Nach dem selbstironischen Einstieg lässt Jon Watts, der schon „Spider-Man: Homecoming“ (2017) inszenierte, gewaltig die Luft raus: High-School-Gags um Flirts und doofe Lehrer, Sightseeing in Venedig und Prag, das Feuermonster beim Karneval und Jake Gyllenhaal als Mysterio: Das alles wirkt unsagbar konventionell, besonders nach dem erzählerischen Höhepunkt des letzten Films. Thematisch umkreist „Far From Home“ die Frage, wer man ist und wer man stattdessen gern wäre: Peter Parker fürchtet die Heldenrolle, sein Gegner maßt sie sich an. Um seinen Narzissmus zu befriedigen, bemüht der geheime Antagonist eine gewaltige, erst im zweiten Teil des Films enthüllte Maschinerie. Und im Kino fragt man sich die ganze Zeit: Warum? Wozu der Aufwand? Um sich unwiderstehlich zu finden, muss heute doch nur noch behaupten, dass man der weltbeste Golfer ist und mehr Zuschauer hatte als Obama.

Leider kann man nur sehr abstrakt über den Schurken schreiben. Wer ihn beim Namen nennt, verrät einen der massiven Drehbuch-Twists. Schon in der Mitte reißt der Film einem nämlich den Boden unter den Füßen weg. Im Nachhinein erweist die Volte sich dann als beinahe harmloses Vorspiel für die Schlusstitel-Szenen, die das Marvel-Universum noch tiefer erschüttern.

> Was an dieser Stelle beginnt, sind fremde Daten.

// A stream that comes in pieces, cut into its elements.
ghost use Rattle.std.specs.Prelude.{◌≡◌, ◌≢◌, ◌≤◌, ◌<◌, ◌+◌, ◌++◌, ◌∷◌, ◌||◌, ◌==◌, [], ℕ, List, Option, None, Some, OnErr, OnOk, IfOk, IfSome, IfNone, IsTrue, true, false, length, take, drop};
ghost use Rattle.body_cutter.specs.BodyText.{IsStanza};
ghost use Rattle.body_cutter.specs.Chars.{is_space};
ghost use Rattle.body_cutter.specs.Cutting.{is_stanza};
ghost use Rattle.xmpp_stream.specs.Cut.{Holds, IsCut, Steps, Tells, Scans, Shortens, counted, is_over};
ghost use Rattle.xmpp_stream.specs.Qualified.{qualified};
ghost use Rattle.xmpp_stream.specs.Stream.{after_tag, error_mark, is_named, mark_in};
ghost use Rattle.xmpp_stream.specs.Tag.{tag_end};

use crate::kept::Kept;
use crate::qualify::qualified;
use crate::scan::{Scan, Scanned};
use crate::stage::{Mark, Stage, after_space, after_tag, is_ended, is_error, is_stanza, mark_in};
use crate::tag::{is_space, tag_end};
use bosh_types::SharedText;
use std::alloc::{AllocError, Global};

// How many bytes a tag of a stream itself has at most.
const LONGEST_TAG: usize = 4096;

/// What comes next on a stream.
#[derive(Debug, Drop)]
pub enum StreamItem {
    /// The next element, as it stands alone: where it has neither a prefix nor a namespace of its own, it is given `jabber:client`
    /// (RFC 6120 section 4.8.2).
    Item(SharedText),
    /// The stream ended with its end tag (RFC 6120 section 4.4). `error` says whether an element `stream:error` came before it.
    Closed { error: bool },
    /// No stream goes on so: what begins after this many bytes of it is wrong. The count stands still at the end of its type.
    Broken(u64),
    /// No further element is whole yet.
    More,
}

// What a step found.
#[derive(Drop)]
enum Step {
    // White space or a tag, which was passed over.
    Past,
    Found(StreamItem),
}

// Where the stream stands, whether it went wrong there and whether it told of an error, and how many bytes of it were passed.
#[derive(Clone, Copy, Debug)]
struct State {
    stage: Stage,
    is_broken: bool,
    has_error: bool,
    place: u64,
}

/// Cuts a stream into its elements, in whatever pieces it comes, and looks at each byte of an element once. It stands for the bytes
/// that it was fed and the elements that it gave, and keeps the bytes from the last of these on.
#[derive(Drop)]
pub struct StreamCutter {
    alloc: Global,
    kept: Kept,
    scan: Scan,
    state: State,
}

fn first_of(text: &[u8]) -> Option<u8>
    ensures some { IfSome result (λ b. text.now ≡ b ∷ drop 1 text.now) }
    ensures none { IfNone result (text.now ≡ []) }
{
    match text.first() {
        None => None,
        Some(b) => Some(*b),
    }
}

// More bytes were passed.
fn counted_on(place: u64, count: usize) -> u64
    ensures { (passed : ℕ) → place ≡ counted passed → result ≡ counted (passed + count) }
{
    place.saturating_add(count as u64)
}

// An element as it stands alone, where it is a stanza then.
fn alone(alloc: Global, element: &[u8]) -> Result<Option<SharedText>, AllocError>
    ensures some { IfOk result (λ text. IfSome text (λ text. (text ≡ qualified element.now) × IsTrue (is_stanza (qualified element.now)))) }
    ensures none { IfOk result (λ text. IfNone text (is_stanza (qualified element.now) ≡ false)) }
{
    let text = qualified(alloc, element)?;
    if !is_stanza(alloc, text.as_slice())? {
        return Ok(None);
    }
    Ok(Some(SharedText::new(alloc, text)?))
}

impl StreamCutter {
    /// A cutter that was fed nothing. It takes no memory.
    pub fn new(alloc: Global) -> StreamCutter
        ensures { IsCut result [] [] }
    {
        let kept = Kept::new(alloc);
        let scan = Scan::new();
        let state = State {
            stage: Stage::Begun,
            is_broken: false,
            has_error: false,
            place: 0,
        };
        StreamCutter {
            alloc,
            kept,
            scan,
            state,
        }
    }

    /// Takes the next piece. The only error is want of memory, after which nothing was taken. After its end, and where it went
    /// wrong, nothing is kept of it.
    pub fn feed(&mut self, piece: &[u8]) -> Result<(), AllocError>
        ensures ok { (fed : List ℕ) (elements : List (List ℕ)) → IsCut self.old fed elements → OnOk result (IsCut self.new (fed ++ piece.now) elements) }
        ensures err { (fed : List ℕ) (elements : List (List ℕ)) → IsCut self.old fed elements → OnErr result (IsCut self.new fed elements) }
    {
        if self.is_over() {
            return Ok(());
        }
        self.kept.push(piece)?;
        Ok(())
    }

    fn is_over(&self) -> bool
        ensures { result ≡ is_over self.now.state }
    {
        self.state.is_broken || is_ended(self.state.stage)
    }

    /// What comes next. Each element has at most 1,000,000 bytes with its namespace, 32 attributes in each tag and 64 nested
    /// elements; a declaration and a tag of the stream itself have at most 4096 bytes. The only error is want of memory, after which
    /// the same comes next.
    pub fn next(&mut self) -> Result<StreamItem, AllocError>
        ensures ok { (fed : List ℕ) (elements : List (List ℕ)) → IsCut self.old fed elements → IfOk result (λ item. Tells item self.new fed elements) }
        ensures err { (fed : List ℕ) (elements : List (List ℕ)) → IsCut self.old fed elements → OnErr result (IsCut self.new fed elements) }
    {
        'steps: loop {
            match self.step()? {
                Step::Past => {}
                Step::Found(item) => return Ok(item),
            }
        }
    }

    // Passes over one part of the stream, or says why none is there.
    fn step(&mut self) -> Result<Step, AllocError>
        ensures ok { (fed : List ℕ) (elements : List (List ℕ)) → IsCut self.old fed elements → IfOk result (λ step. Steps step self.new fed elements) }
        ensures err { (fed : List ℕ) (elements : List (List ℕ)) → IsCut self.old fed elements → OnErr result (IsCut self.new fed elements) }
        ensures less { IfOk result (λ step. Shortens step self.old self.new) }
    {
        if self.state.is_broken {
            return Ok(Step::Found(StreamItem::Broken(self.state.place)));
        }
        if is_ended(self.state.stage) {
            return Ok(Step::Found(StreamItem::Closed {
                error: self.state.has_error,
            }));
        }
        match first_of(self.kept.as_slice()) {
            None => Ok(Step::Found(StreamItem::More)),
            Some(b) => self.step_at(b),
        }
    }

    // The same where this byte comes next.
    fn step_at(&mut self, b: u8) -> Result<Step, AllocError>
        requires { self.old.kept ≡ b ∷ drop 1 self.old.kept }
        ensures ok { (fed : List ℕ) (elements : List (List ℕ)) → IsCut self.old fed elements → is_over self.old.state ≡ false → IfOk result (λ step. Steps step self.new fed elements) }
        ensures err { (fed : List ℕ) (elements : List (List ℕ)) → IsCut self.old fed elements → is_over self.old.state ≡ false → OnErr result (IsCut self.new fed elements) }
        ensures less { IfOk result (λ step. Shortens step self.old self.new) }
    {
        if is_space(b) {
            self.pass(1, after_space(self.state.stage));
            return Ok(Step::Past);
        }
        if b != b'<' {
            return Ok(self.go_wrong());
        }
        match mark_in(self.state.stage, self.kept.as_slice()) {
            Mark::Undecided => Ok(Step::Found(StreamItem::More)),
            Mark::Tag => self.step_at_tag(),
            Mark::Element => self.step_at_element(),
        }
    }

    // A tag of the stream itself comes next.
    fn step_at_tag(&mut self) -> Result<Step, AllocError>
        requires { mark_in self.old.state.stage self.old.kept ≡ Mark.Tag }
        ensures ok { (fed : List ℕ) (elements : List (List ℕ)) → IsCut self.old fed elements → is_over self.old.state ≡ false → IfOk result (λ step. Steps step self.new fed elements) }
        ensures err { (fed : List ℕ) (elements : List (List ℕ)) → IsCut self.old fed elements → is_over self.old.state ≡ false → OnErr result (IsCut self.new fed elements) }
        ensures less { IfOk result (λ step. Shortens step self.old self.new) }
    {
        match tag_end(self.kept.as_slice()) {
            None => Ok(self.step_at_open_tag()),
            Some(count) => self.step_over_tag(count),
        }
    }

    // The end of the tag isn't there.
    fn step_at_open_tag(&mut self) -> Step
        requires mark { mark_in self.old.state.stage self.old.kept ≡ Mark.Tag }
        requires unended { tag_end 0 None self.old.kept ≡ None }
        ensures told { (fed : List ℕ) (elements : List (List ℕ)) → IsCut self.old fed elements → is_over self.old.state ≡ false → Steps result self.new fed elements }
        ensures less { Shortens result self.old self.new }
    {
        if self.kept.as_slice().len() < LONGEST_TAG {
            return Step::Found(StreamItem::More);
        }
        self.go_wrong()
    }

    // The tag has so many bytes.
    fn step_over_tag(&mut self, count: usize) -> Result<Step, AllocError>
        requires mark { mark_in self.old.state.stage self.old.kept ≡ Mark.Tag }
        requires ended { tag_end 0 None self.old.kept ≡ Some count }
        requires within { count ≤ length self.old.kept }
        requires some { 0 < count }
        ensures ok { (fed : List ℕ) (elements : List (List ℕ)) → IsCut self.old fed elements → is_over self.old.state ≡ false → IfOk result (λ step. Steps step self.new fed elements) }
        ensures err { OnErr result (self.new ≡ self.old) }
        ensures less { IfOk result (λ step. Shortens step self.old self.new) }
    {
        if count > LONGEST_TAG {
            return Ok(self.go_wrong());
        }
        match self.after_tag(count)? {
            None => Ok(self.go_wrong()),
            Some(next) => {
                self.pass(count, next);
                Ok(Step::Past)
            }
        }
    }

    // Where the tag of so many bytes leads that comes next.
    fn after_tag(&self, count: usize) -> Result<Option<Stage>, AllocError>
        requires { count ≤ length self.now.kept }
        ensures { IfOk result (λ next. next ≡ after_tag self.now.state.stage (take count self.now.kept)) }
    {
        let tag = &self.kept.as_slice()[..count];
        after_tag(self.alloc, self.state.stage, tag)
    }

    // An element comes next.
    fn step_at_element(&mut self) -> Result<Step, AllocError>
        requires { mark_in self.old.state.stage self.old.kept ≡ Mark.Element }
        ensures ok { (fed : List ℕ) (elements : List (List ℕ)) → IsCut self.old fed elements → is_over self.old.state ≡ false → IfOk result (λ step. Steps step self.new fed elements) }
        ensures err { (fed : List ℕ) (elements : List (List ℕ)) → IsCut self.old fed elements → is_over self.old.state ≡ false → OnErr result (IsCut self.new fed elements) }
        ensures less { IfOk result (λ step. Shortens step self.old self.new) }
    {
        match self.scan.feed(self.alloc, self.kept.as_slice())? {
            Scanned::More => Ok(Step::Found(StreamItem::More)),
            Scanned::Whole(count) => self.step_over(count),
            Scanned::Refused => Ok(self.go_wrong()),
        }
    }

    // An element of so many bytes comes next.
    fn step_over(&mut self, count: usize) -> Result<Step, AllocError>
        requires within { count ≤ length self.old.kept }
        ensures ok { (fed : List ℕ) (elements : List (List ℕ)) → IsCut self.old fed elements → is_over self.old.state ≡ false → mark_in self.old.state.stage self.old.kept ≡ Mark.Element → IsStanza (take count self.old.kept) → IfOk result (λ step. Steps step self.new fed elements) }
        ensures err { OnErr result (self.new ≡ self.old) }
        ensures less { IfOk result (λ step. step ≢ Step.Past) }
    {
        let element = &self.kept.as_slice()[..count];
        let has_error = self.has_error_with(element);
        match alone(self.alloc, element)? {
            None => Ok(self.go_wrong()),
            Some(text) => {
                self.pass(count, Stage::Inside);
                self.state.has_error = has_error;
                Ok(Step::Found(StreamItem::Item(text)))
            }
        }
    }

    // Whether the stream told of an error, this element among what it told.
    fn has_error_with(&self, element: &[u8]) -> bool
        ensures { result ≡ (self.now.state.has_error || is_named error_mark element.now) }
    {
        self.state.has_error || is_error(element)
    }

    // So many bytes are passed, and the stream stands there then.
    fn pass(&mut self, count: usize, stage: Stage)
        requires { count ≤ length self.old.kept }
        ensures kept { self.new.kept ≡ drop count self.old.kept }
        ensures scan { Scans self.new.scan [] }
        ensures state { self.new.state ≡ record self.old.state { place = self.new.state.place; stage = stage } }
        ensures place { (passed : ℕ) → self.old.state.place ≡ counted passed → self.new.state.place ≡ counted (passed + count) }
    {
        self.kept.skip(count);
        self.scan = Scan::new();
        self.state.place = counted_on(self.state.place, count);
        self.state.stage = stage;
    }

    // No stream goes on so.
    fn go_wrong(&mut self) -> Step
        ensures told { result ≡ Step.Found (StreamItem.Broken self.old.state.place) }
        ensures broken { self.new ≡ record self.old { state = record self.old.state { is_broken = true } } }
    {
        self.state.is_broken = true;
        Step::Found(StreamItem::Broken(self.state.place))
    }
}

Auch das trägt übrigens zur schwachen Wirkung bei: „Far From Home“ nimmt mehrmals die eigene Geschichte zurück, um Spannung für das Kommende aufzubauen – und macht sich selbst dabei umso mehr zur Luftnummer.

„Spider-Man: Far From Home“. USA 2019. R: Jon Watts. D: Tom Holland, Jake Gyllenhaal, Zendaya, Samuel L. Jackson, Jon Favreau, Marisa Tomei, Jacob Batalon. 129 Minuten.